What is expected
Working through the records below, count the lines that include "impl". The reply is that number alone.

Collected data entries
//! Names and where they stand in a list.

ghost use Rattle.std.specs.Prelude.{◌≡◌, ℕ, List, Some, None, OnOk, if◌then◌else◌};
ghost use Rattle.std.specs.Option.{option_or};
ghost use Rattle.std.specs.Str.{bytes_eq};
ghost use Rattle.eco_lef.specs.Known.{place_of, knows};

use std::alloc::{AllocError, Global};
use std::collections::HashMap;

/// The names of a list, each with the place where it stands first.
pub type Names = HashMap<Vec<u8>, usize>;

pub fn has_name(names: &Names, name: &[u8]) -> bool
    ensures { result ≡ knows names.now name.now }
{
    names.get(name).is_some()
}

/// Adds a name with its place. One that is known keeps its place.
pub fn add_name(
    alloc: Global,
    names: &mut Names,
    name: &[u8],
    place: usize,
) -> Result<(), AllocError>
    ensures { OnOk result ((q : List ℕ) → place_of names.new q ≡ option_or (place_of names.old q) (if bytes_eq name.now q then Some place else None)) }
{
    if !has_name(names, name) {
        names.insert(Vec::from_slice(alloc, name)?, place)?;
    }
    Ok(())
}
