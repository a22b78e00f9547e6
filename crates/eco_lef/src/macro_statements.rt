//! Reading the statements of a macro.

ghost use Rattle.std.specs.Prelude.{◌≡◌, false, IfOk};
ghost use Rattle.eco_text.specs.Cursor.{token};
ghost use Rattle.eco_common.specs.NameBytes.{is_among};
ghost use Rattle.eco_lef.specs.Parsing.{new_name};
ghost use Rattle.eco_lef.specs.Grammar.{size, pin, passed_in_macro, macro_end, macro_statement_new, macro_body};
ghost use Rattle.eco_lef.specs.Known.{pin_names};
ghost use Rattle.eco_lef.specs.Collected.{also_in_macro};
ghost use Rattle.eco_lef.specs.Reading.{Reads, as_is};

use crate::fault::LefFault;
use crate::master::MasterPin;
use crate::pin_list::PinList;
use crate::reader::Reader;
use crate::statement::MacroStatement;
use eco_common::{Dir, Name, Size};
use eco_text::Word;
use std::alloc::{AllocError, Global};

/// What the statements of a macro have said so far.
#[derive(Drop)]
pub struct MacroBody {
    pub size: Option<Size>,
    pub pins: PinList,
}

impl MacroBody {
    /// The same with one more statement. The first size counts.
    fn with(self, alloc: Global, statement: MacroStatement) -> Result<MacroBody, AllocError>
        ensures { IfOk result (λ body. body ≡ also_in_macro self statement) }
    {
        let MacroBody { size, pins } = self;
        match statement {
            MacroStatement::Sized(said) => Ok(MacroBody {
                size: size.or(Some(said)),
                pins,
            }),
            MacroStatement::Pinned(pin) => Ok(MacroBody {
                size,
                pins: pins.with(alloc, pin)?,
            }),
            MacroStatement::Other => Ok(MacroBody { size, pins }),
        }
    }
}

impl<'a> Reader<'a> {
    #[tactic(auto, unfolding(crate::specs::Grammar::size))]
    fn size(&mut self, inside: &[u8]) -> Result<Option<MacroStatement>, LefFault>
        ensures { Reads 1 as_is (size inside.now) self.old.words self.new.words result }
    {
        self.take(inside)?;
        let width = self.microns(inside)?;
        self.word(inside, b"BY")?;
        let height = self.microns(inside)?;
        self.word(inside, b";")?;
        Ok(Some(MacroStatement::Sized(Size { width, height })))
    }

    /// A pin's name, which isn't among those of these pins.
    fn pin_name(&mut self, inside: &[u8], pins: &PinList) -> Result<Word, LefFault>
        ensures { Reads 1 token (new_name inside.now (is_among (pin_names pins.now)) false) self.old.words self.new.words result }
    {
        let known = pins.has(self.words.bytes_ahead());
        self.unused_name(inside, known, false)
    }

    /// A pin, whose name isn't among those of these pins.
    #[tactic(auto, unfolding(crate::specs::Grammar::pin))]
    fn pin(&mut self, inside: &[u8], pins: &PinList) -> Result<Option<MacroStatement>, LefFault>
        ensures { Reads 1 as_is (pin inside.now (is_among (pin_names pins.now))) self.old.words self.new.words result }
    {
        self.take(inside)?;
        let word = self.pin_name(inside, pins)?;
        let name = self.words.bytes_of(word);
        let body = self.pin_body(name)?;
        Ok(Some(MacroStatement::Pinned(MasterPin {
            name: Name::of(self.alloc, name)?,
            dir: body.dir.unwrap_or(Dir::Inout),
            supply: body.supply.unwrap_or(false),
        })))
    }

    #[tactic(auto, unfolding(crate::specs::Grammar::passed_in_macro))]
    fn passed_in_macro(
        &mut self,
        inside: &[u8],
        keyword: &[u8],
    ) -> Result<Option<MacroStatement>, LefFault>
        ensures { Reads 1 as_is (passed_in_macro inside.now keyword.now) self.old.words self.new.words result }
    {
        self.pass_to(inside, keyword)?;
        Ok(Some(MacroStatement::Other))
    }

    #[tactic(auto, unfolding(crate::specs::Grammar::macro_end))]
    fn macro_end(&mut self, inside: &[u8]) -> Result<Option<MacroStatement>, LefFault>
        ensures { Reads 1 as_is (macro_end inside.now) self.old.words self.new.words result }
    {
        if self.block_ends(inside, inside)? {
            return Ok(None);
        }
        Ok(Some(MacroStatement::Other))
    }

    /// One statement of a macro, and none at its end.
    #[tactic(auto, unfolding(crate::specs::Grammar::macro_statement_new))]
    fn macro_statement(
        &mut self,
        inside: &[u8],
        pins: &PinList,
    ) -> Result<Option<MacroStatement>, LefFault>
        ensures { Reads 1 as_is (macro_statement_new inside.now (is_among (pin_names pins.now))) self.old.words self.new.words result }
    {
        if self.words.next_is(b"END") {
            return self.macro_end(inside);
        }
        if self.words.next_is(b"SIZE") {
            return self.size(inside);
        }
        if self.words.next_is(b"PIN") {
            return self.pin(inside, pins);
        }
        if self.words.next_is_one_of(&[b"OBS", b"DENSITY"]) {
            return self.passed_in_macro(inside, b"END");
        }
        self.passed_in_macro(inside, b";")
    }

    /// All statements of a macro, with its end.
    pub fn macro_body(&mut self, inside: &[u8]) -> Result<MacroBody, LefFault>
        ensures { Reads 0 as_is (macro_body inside.now) self.old.words self.new.words result }
    {
        let mut body = MacroBody {
            size: None,
            pins: PinList::new(self.alloc),
        };
        'statements: while let Some(statement) = self.macro_statement(inside, &body.pins)? {
            body = body.with(self.alloc, statement)?;
        }
        Ok(body)
    }
}
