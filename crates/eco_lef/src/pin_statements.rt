//! Reading the statements of a pin.

ghost use Rattle.std.specs.Prelude.{◌≡◌};
ghost use Rattle.eco_lef.specs.Grammar.{output, plain_dir, dir, direction, plain_use, supply_use, use_said, pin_use, passed_in_pin, pin_end, pin_statement, pin_body};
ghost use Rattle.eco_lef.specs.Collected.{also_in_pin};
ghost use Rattle.eco_lef.specs.Reading.{Reads, as_is};

use crate::fault::LefFault;
use crate::reader::Reader;
use crate::statement::PinStatement;
use eco_common::Dir;

/// What the statements of a pin have said so far.
#[derive(Clone, Copy, Drop)]
pub struct PinBody {
    pub dir: Option<Dir>,
    pub supply: Option<bool>,
}

impl PinBody {
    /// The same with one more statement. The first of its kind counts.
    fn with(self, statement: PinStatement) -> PinBody
        ensures { result ≡ also_in_pin self statement }
    {
        let PinBody { dir, supply } = self;
        match statement {
            PinStatement::Directed(said) => PinBody {
                dir: dir.or(Some(said)),
                supply,
            },
            PinStatement::Used(said) => PinBody {
                dir,
                supply: supply.or(Some(said)),
            },
            PinStatement::Other => self,
        }
    }
}

impl<'a> Reader<'a> {
    #[tactic(auto, unfolding(crate::specs::Grammar::plain_dir))]
    fn plain_dir(&mut self, inside: &[u8], dir: Dir) -> Result<Dir, LefFault>
        ensures { Reads 1 as_is (plain_dir inside.now dir) self.old.words self.new.words result }
    {
        self.take(inside)?;
        Ok(dir)
    }

    /// `OUTPUT`, with or without `TRISTATE` after it.
    #[tactic(auto, unfolding(crate::specs::Grammar::output))]
    fn output(&mut self, inside: &[u8]) -> Result<Dir, LefFault>
        ensures { Reads 1 as_is (output inside.now) self.old.words self.new.words result }
    {
        self.take(inside)?;
        if self.words.next_is(b"TRISTATE") {
            self.take(inside)?;
        }
        Ok(Dir::Output)
    }

    #[tactic(auto, using(crate::proofs::Telling::told))]
    fn dir(&mut self, inside: &[u8]) -> Result<Dir, LefFault>
        ensures { Reads 1 as_is (dir inside.now) self.old.words self.new.words result }
    {
        if self.words.next_is(b"OUTPUT") {
            return self.output(inside);
        }
        if self.words.next_is(b"INPUT") {
            return self.plain_dir(inside, Dir::Input);
        }
        if self.words.next_is_one_of(&[b"INOUT", b"FEEDTHRU"]) {
            return self.plain_dir(inside, Dir::Inout);
        }
        Err(self.bad_statement(inside))
    }

    #[tactic(auto, unfolding(crate::specs::Grammar::direction))]
    fn direction(&mut self, inside: &[u8]) -> Result<Option<PinStatement>, LefFault>
        ensures { Reads 1 as_is (direction inside.now) self.old.words self.new.words result }
    {
        self.take(inside)?;
        let dir = self.dir(inside)?;
        self.word(inside, b";")?;
        Ok(Some(PinStatement::Directed(dir)))
    }

    #[tactic(auto, unfolding(crate::specs::Grammar::plain_use))]
    fn plain_use(&mut self, inside: &[u8]) -> Result<bool, LefFault>
        ensures { Reads 1 as_is (plain_use inside.now) self.old.words self.new.words result }
    {
        self.pass_to(inside, b";")?;
        Ok(false)
    }

    /// What follows from POWER or GROUND on. It is a supply only where nothing else stands there.
    #[tactic(auto, unfolding(crate::specs::Grammar::supply_use))]
    fn supply_use(&mut self, inside: &[u8]) -> Result<bool, LefFault>
        ensures { Reads 1 as_is (supply_use inside.now) self.old.words self.new.words result }
    {
        self.take(inside)?;
        if self.words.next_is(b";") {
            self.take(inside)?;
            return Ok(true);
        }
        self.plain_use(inside)
    }

    fn use_said(&mut self, inside: &[u8]) -> Result<bool, LefFault>
        ensures { Reads 1 as_is (use_said inside.now) self.old.words self.new.words result }
    {
        if self.words.next_is_one_of(&[b"POWER", b"GROUND"]) {
            return self.supply_use(inside);
        }
        self.plain_use(inside)
    }

    #[tactic(auto, unfolding(crate::specs::Grammar::pin_use))]
    fn pin_use(&mut self, inside: &[u8]) -> Result<Option<PinStatement>, LefFault>
        ensures { Reads 1 as_is (pin_use inside.now) self.old.words self.new.words result }
    {
        self.take(inside)?;
        let supply = self.use_said(inside)?;
        Ok(Some(PinStatement::Used(supply)))
    }

    #[tactic(auto, unfolding(crate::specs::Grammar::passed_in_pin))]
    fn passed_in_pin(
        &mut self,
        inside: &[u8],
        keyword: &[u8],
    ) -> Result<Option<PinStatement>, LefFault>
        ensures { Reads 1 as_is (passed_in_pin inside.now keyword.now) self.old.words self.new.words result }
    {
        self.pass_to(inside, keyword)?;
        Ok(Some(PinStatement::Other))
    }

    #[tactic(auto, unfolding(crate::specs::Grammar::pin_end))]
    fn pin_end(&mut self, inside: &[u8]) -> Result<Option<PinStatement>, LefFault>
        ensures { Reads 1 as_is (pin_end inside.now) self.old.words self.new.words result }
    {
        if self.block_ends(inside, inside)? {
            return Ok(None);
        }
        Ok(Some(PinStatement::Other))
    }

    /// One statement of a pin, and none at its end.
    #[tactic(auto, unfolding(crate::specs::Grammar::pin_statement))]
    fn pin_statement(&mut self, inside: &[u8]) -> Result<Option<PinStatement>, LefFault>
        ensures { Reads 1 as_is (pin_statement inside.now) self.old.words self.new.words result }
    {
        if self.words.next_is(b"END") {
            return self.pin_end(inside);
        }
        if self.words.next_is(b"DIRECTION") {
            return self.direction(inside);
        }
        if self.words.next_is(b"USE") {
            return self.pin_use(inside);
        }
        if self.words.next_is(b"PORT") {
            return self.passed_in_pin(inside, b"END");
        }
        self.passed_in_pin(inside, b";")
    }

    /// All statements of a pin, with its end.
    pub fn pin_body(&mut self, inside: &[u8]) -> Result<PinBody, LefFault>
        ensures { Reads 0 as_is (pin_body inside.now) self.old.words self.new.words result }
    {
        let mut body = PinBody {
            dir: None,
            supply: None,
        };
        'statements: while let Some(statement) = self.pin_statement(inside)? {
            body = body.with(statement);
        }
        Ok(body)
    }
}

Task answer
4